**TASK INSTRUCTIONS**
Set down exactly the lines in the records below that run from the line with "pub fn bound(&self, place: usize)" to the line with "let is_each = is_table", inclusive, and nothing more.

**MATERIALS PROVIDED**
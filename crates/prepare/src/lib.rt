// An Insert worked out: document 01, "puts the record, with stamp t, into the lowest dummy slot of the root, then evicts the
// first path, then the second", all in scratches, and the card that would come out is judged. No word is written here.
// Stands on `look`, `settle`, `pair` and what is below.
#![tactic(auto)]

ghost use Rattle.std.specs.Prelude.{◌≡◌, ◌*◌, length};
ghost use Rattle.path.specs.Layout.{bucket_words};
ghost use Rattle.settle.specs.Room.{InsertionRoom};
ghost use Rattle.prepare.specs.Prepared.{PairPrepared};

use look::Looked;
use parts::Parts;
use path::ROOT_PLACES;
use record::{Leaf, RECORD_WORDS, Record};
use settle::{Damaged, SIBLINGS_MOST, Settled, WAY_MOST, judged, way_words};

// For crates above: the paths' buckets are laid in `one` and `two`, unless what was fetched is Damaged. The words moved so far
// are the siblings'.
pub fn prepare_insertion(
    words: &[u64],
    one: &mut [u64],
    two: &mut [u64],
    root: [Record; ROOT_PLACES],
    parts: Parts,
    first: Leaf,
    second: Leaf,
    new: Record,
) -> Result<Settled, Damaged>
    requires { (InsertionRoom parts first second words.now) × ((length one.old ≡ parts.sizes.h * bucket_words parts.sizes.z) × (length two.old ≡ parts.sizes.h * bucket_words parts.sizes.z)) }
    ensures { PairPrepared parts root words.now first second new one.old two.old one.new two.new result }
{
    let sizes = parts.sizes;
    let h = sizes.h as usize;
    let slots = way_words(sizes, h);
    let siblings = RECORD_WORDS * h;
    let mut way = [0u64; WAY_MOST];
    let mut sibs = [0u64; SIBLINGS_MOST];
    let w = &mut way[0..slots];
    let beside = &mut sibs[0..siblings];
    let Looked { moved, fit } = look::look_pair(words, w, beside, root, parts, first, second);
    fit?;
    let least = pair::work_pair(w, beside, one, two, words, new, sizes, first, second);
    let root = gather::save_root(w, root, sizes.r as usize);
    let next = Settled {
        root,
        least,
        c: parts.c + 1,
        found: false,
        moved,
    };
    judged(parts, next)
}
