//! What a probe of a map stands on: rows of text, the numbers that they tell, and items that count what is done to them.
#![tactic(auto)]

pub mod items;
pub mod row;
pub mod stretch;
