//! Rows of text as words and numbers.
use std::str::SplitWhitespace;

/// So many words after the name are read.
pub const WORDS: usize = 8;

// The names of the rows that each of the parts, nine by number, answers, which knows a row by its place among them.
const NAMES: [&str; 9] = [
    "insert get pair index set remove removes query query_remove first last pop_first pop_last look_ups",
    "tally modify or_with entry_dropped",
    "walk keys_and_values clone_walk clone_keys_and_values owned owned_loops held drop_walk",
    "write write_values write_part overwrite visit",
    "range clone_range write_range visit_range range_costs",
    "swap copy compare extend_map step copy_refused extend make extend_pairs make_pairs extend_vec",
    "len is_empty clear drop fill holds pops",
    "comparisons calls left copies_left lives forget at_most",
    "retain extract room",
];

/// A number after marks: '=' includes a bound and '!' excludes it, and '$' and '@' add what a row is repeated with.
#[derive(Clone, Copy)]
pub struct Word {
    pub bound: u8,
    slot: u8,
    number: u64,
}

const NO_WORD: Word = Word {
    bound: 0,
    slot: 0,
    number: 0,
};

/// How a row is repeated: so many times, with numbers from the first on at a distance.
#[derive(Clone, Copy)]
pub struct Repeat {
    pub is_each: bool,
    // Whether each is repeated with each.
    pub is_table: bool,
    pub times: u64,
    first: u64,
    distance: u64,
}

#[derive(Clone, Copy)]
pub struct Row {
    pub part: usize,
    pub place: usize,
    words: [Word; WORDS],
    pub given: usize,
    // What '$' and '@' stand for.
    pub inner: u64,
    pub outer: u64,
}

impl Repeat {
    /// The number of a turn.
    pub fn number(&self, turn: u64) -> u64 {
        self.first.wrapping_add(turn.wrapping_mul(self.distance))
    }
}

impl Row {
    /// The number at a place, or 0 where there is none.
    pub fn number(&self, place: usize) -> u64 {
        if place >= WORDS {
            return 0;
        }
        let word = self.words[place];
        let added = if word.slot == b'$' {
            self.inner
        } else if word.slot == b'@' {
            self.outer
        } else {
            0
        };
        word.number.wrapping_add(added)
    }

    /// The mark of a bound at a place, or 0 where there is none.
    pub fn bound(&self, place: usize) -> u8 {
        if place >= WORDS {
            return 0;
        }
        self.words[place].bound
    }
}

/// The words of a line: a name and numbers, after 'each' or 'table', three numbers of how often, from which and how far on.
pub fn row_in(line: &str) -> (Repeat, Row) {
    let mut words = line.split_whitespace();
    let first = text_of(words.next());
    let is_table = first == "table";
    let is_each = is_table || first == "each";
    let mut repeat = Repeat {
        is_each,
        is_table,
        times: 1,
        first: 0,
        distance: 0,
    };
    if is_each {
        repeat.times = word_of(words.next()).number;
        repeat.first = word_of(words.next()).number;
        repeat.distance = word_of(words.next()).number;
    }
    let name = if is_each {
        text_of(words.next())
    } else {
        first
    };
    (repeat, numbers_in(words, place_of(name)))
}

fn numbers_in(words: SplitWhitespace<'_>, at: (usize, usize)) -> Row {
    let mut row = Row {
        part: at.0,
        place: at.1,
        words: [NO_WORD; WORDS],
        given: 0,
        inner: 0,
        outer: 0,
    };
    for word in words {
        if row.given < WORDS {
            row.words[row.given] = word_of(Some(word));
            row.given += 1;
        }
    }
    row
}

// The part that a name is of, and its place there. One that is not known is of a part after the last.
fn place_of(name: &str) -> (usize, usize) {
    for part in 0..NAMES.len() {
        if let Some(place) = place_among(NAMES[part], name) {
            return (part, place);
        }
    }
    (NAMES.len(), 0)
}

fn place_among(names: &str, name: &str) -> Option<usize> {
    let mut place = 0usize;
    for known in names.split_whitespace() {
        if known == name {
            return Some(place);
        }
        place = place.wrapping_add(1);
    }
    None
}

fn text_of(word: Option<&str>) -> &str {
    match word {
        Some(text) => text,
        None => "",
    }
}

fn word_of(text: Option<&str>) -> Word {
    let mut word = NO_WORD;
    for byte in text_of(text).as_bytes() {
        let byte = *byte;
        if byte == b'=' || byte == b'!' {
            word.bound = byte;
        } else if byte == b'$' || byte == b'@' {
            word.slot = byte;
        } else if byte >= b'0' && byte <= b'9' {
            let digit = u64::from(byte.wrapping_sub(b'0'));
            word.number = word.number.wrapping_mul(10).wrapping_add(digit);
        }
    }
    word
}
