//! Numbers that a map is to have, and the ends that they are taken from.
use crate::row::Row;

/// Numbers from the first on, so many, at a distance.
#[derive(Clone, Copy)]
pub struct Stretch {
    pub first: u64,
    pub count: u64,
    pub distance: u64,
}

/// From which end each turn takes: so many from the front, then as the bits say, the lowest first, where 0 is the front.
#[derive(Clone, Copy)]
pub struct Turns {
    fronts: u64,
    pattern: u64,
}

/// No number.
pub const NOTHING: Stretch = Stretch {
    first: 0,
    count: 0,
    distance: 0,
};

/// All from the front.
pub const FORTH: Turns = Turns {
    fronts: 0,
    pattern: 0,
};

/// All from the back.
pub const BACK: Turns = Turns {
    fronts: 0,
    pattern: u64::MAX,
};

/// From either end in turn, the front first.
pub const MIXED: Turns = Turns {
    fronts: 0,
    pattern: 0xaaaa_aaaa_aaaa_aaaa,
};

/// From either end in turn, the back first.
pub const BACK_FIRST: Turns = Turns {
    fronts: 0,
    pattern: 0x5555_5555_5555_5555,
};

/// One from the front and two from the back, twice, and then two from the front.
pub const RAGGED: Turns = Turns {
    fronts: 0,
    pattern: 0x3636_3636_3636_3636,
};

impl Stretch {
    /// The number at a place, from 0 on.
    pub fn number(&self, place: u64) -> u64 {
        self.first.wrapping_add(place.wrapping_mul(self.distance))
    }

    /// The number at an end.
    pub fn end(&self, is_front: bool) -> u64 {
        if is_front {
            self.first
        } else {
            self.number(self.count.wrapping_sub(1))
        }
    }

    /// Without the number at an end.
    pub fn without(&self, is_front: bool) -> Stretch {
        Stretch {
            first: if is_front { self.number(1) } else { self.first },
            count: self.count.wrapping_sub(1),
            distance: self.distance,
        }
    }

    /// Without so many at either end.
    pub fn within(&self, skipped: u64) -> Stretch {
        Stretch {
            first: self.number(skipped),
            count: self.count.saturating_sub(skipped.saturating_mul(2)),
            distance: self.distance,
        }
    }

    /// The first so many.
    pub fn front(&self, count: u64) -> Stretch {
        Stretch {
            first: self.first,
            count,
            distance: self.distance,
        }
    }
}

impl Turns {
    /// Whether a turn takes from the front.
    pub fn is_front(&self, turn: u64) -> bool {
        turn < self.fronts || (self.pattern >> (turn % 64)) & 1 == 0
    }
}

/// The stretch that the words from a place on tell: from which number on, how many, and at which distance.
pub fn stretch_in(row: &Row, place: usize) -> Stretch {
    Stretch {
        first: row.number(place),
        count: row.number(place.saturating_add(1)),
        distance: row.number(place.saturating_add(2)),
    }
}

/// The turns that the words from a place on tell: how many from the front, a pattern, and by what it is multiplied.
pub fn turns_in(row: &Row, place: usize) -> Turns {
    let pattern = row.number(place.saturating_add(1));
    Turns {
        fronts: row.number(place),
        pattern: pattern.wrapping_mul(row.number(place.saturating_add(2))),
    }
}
--
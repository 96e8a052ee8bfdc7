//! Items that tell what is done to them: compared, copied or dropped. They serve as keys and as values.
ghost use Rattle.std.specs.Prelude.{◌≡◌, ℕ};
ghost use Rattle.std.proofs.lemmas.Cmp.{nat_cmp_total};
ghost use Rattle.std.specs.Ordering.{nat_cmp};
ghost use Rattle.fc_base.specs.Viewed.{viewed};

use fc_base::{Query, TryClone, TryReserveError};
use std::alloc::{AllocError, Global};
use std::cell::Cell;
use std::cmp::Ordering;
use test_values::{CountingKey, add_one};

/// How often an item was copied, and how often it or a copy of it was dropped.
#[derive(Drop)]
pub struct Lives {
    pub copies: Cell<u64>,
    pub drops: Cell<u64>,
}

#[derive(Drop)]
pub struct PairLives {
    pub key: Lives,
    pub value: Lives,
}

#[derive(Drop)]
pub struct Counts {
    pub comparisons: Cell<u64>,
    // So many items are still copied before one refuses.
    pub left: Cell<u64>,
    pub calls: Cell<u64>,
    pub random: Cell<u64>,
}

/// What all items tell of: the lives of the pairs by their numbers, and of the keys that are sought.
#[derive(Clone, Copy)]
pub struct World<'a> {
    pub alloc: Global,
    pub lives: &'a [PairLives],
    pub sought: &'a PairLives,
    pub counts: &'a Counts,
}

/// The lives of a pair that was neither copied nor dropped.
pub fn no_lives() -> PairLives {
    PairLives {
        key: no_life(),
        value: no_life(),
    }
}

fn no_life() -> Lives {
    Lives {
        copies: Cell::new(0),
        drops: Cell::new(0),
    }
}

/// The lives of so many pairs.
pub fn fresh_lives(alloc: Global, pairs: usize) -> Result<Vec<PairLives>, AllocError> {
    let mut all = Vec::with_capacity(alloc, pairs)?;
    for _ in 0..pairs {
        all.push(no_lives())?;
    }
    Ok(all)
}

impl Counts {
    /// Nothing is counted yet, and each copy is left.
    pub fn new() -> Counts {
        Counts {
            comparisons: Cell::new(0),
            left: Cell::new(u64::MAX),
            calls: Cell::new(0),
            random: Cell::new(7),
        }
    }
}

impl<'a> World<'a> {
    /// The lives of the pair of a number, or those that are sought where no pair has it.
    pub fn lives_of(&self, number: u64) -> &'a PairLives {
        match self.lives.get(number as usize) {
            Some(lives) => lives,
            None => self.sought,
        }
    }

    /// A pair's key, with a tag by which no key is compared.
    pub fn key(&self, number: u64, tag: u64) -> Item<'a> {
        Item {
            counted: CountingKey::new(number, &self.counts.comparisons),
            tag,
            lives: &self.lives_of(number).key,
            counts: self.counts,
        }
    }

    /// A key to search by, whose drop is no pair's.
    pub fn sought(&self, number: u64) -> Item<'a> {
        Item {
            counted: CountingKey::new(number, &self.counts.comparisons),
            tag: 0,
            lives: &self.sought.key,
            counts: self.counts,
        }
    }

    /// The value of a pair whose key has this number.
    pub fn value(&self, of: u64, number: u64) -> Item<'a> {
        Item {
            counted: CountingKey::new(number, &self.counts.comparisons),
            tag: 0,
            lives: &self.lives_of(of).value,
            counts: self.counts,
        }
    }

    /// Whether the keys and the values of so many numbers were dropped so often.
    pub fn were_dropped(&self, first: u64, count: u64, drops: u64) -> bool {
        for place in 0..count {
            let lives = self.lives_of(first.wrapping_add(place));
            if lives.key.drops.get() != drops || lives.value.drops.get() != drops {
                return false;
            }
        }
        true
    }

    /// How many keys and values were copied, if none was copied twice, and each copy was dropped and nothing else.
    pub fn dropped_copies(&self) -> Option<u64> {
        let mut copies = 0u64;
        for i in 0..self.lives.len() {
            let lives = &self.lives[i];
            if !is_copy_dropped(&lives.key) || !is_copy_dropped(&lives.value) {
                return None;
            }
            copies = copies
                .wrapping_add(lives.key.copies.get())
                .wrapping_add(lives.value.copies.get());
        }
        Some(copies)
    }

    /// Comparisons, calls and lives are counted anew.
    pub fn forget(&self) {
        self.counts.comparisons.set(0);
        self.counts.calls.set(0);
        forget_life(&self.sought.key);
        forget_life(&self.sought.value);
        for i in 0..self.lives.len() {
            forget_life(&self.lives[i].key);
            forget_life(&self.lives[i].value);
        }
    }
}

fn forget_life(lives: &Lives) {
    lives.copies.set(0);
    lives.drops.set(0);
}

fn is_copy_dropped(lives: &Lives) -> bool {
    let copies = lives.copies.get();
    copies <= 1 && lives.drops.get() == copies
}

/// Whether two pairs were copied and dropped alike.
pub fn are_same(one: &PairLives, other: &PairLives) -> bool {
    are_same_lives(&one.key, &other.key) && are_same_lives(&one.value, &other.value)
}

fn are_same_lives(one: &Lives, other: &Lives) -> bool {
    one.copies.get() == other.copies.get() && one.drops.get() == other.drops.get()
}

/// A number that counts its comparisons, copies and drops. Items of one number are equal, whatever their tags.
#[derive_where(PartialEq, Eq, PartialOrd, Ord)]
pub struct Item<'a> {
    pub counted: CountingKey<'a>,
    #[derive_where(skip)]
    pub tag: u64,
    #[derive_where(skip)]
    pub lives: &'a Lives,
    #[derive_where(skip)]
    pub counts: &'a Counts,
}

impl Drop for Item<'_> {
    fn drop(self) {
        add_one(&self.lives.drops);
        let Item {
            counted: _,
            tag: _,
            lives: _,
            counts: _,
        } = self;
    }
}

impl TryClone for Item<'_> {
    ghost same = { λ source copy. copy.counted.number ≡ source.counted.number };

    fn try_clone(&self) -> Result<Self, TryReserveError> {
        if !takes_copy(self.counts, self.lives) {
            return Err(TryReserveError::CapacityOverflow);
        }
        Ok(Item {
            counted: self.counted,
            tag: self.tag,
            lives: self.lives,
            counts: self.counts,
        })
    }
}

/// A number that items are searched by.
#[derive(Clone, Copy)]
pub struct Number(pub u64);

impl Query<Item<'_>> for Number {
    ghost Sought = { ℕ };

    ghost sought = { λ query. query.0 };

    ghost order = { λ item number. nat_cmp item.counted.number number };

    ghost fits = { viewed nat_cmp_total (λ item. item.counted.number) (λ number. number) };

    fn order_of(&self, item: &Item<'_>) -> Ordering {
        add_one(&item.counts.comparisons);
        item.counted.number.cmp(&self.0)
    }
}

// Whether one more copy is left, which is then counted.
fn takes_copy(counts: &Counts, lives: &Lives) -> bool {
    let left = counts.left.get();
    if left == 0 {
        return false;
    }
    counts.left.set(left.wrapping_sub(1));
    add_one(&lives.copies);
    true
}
==
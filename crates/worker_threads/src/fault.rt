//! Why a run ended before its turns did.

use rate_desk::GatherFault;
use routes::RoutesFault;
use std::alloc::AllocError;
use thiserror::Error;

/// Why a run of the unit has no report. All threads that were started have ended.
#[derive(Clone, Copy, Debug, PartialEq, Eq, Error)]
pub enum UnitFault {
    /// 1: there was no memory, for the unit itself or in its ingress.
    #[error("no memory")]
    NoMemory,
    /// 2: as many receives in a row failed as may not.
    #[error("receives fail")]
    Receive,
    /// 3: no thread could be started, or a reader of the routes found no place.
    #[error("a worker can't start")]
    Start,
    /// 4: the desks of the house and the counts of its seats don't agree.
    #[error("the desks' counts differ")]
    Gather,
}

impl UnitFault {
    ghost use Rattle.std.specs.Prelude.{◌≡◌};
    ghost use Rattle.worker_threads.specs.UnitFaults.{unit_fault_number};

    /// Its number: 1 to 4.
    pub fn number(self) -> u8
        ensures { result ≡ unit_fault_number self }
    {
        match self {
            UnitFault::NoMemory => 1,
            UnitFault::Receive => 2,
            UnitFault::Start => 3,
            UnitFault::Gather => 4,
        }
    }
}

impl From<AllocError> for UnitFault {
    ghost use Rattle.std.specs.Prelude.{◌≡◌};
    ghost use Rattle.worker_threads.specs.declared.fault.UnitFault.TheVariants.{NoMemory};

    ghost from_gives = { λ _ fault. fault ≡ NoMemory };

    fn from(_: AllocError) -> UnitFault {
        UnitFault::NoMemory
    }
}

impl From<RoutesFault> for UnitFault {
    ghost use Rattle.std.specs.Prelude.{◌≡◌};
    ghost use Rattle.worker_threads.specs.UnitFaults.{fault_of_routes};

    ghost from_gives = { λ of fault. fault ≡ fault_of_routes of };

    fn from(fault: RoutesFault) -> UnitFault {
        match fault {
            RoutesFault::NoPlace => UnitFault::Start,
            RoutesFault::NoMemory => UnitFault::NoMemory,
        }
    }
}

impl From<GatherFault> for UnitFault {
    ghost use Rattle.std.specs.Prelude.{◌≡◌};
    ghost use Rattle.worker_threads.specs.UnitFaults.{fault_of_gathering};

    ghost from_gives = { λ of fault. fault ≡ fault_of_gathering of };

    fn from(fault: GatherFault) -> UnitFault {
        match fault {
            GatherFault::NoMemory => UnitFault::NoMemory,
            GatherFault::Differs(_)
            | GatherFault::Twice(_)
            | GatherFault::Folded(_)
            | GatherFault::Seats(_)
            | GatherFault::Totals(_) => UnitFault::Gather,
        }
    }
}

**OUTPUT**
    pub fn bound(&self, place: usize) -> u8 {
        if place >= WORDS {
            return 0;
        }
        self.words[place].bound
    }
}

/// The words of a line: a name and numbers, after 'each' or 'table', three numbers of how often, from which and how far on.
pub fn row_in(line: &str) -> (Repeat, Row) {
    let mut words = line.split_whitespace();
    let first = text_of(words.next());
    let is_table = first == "table";
    let is_each = is_table || first == "each";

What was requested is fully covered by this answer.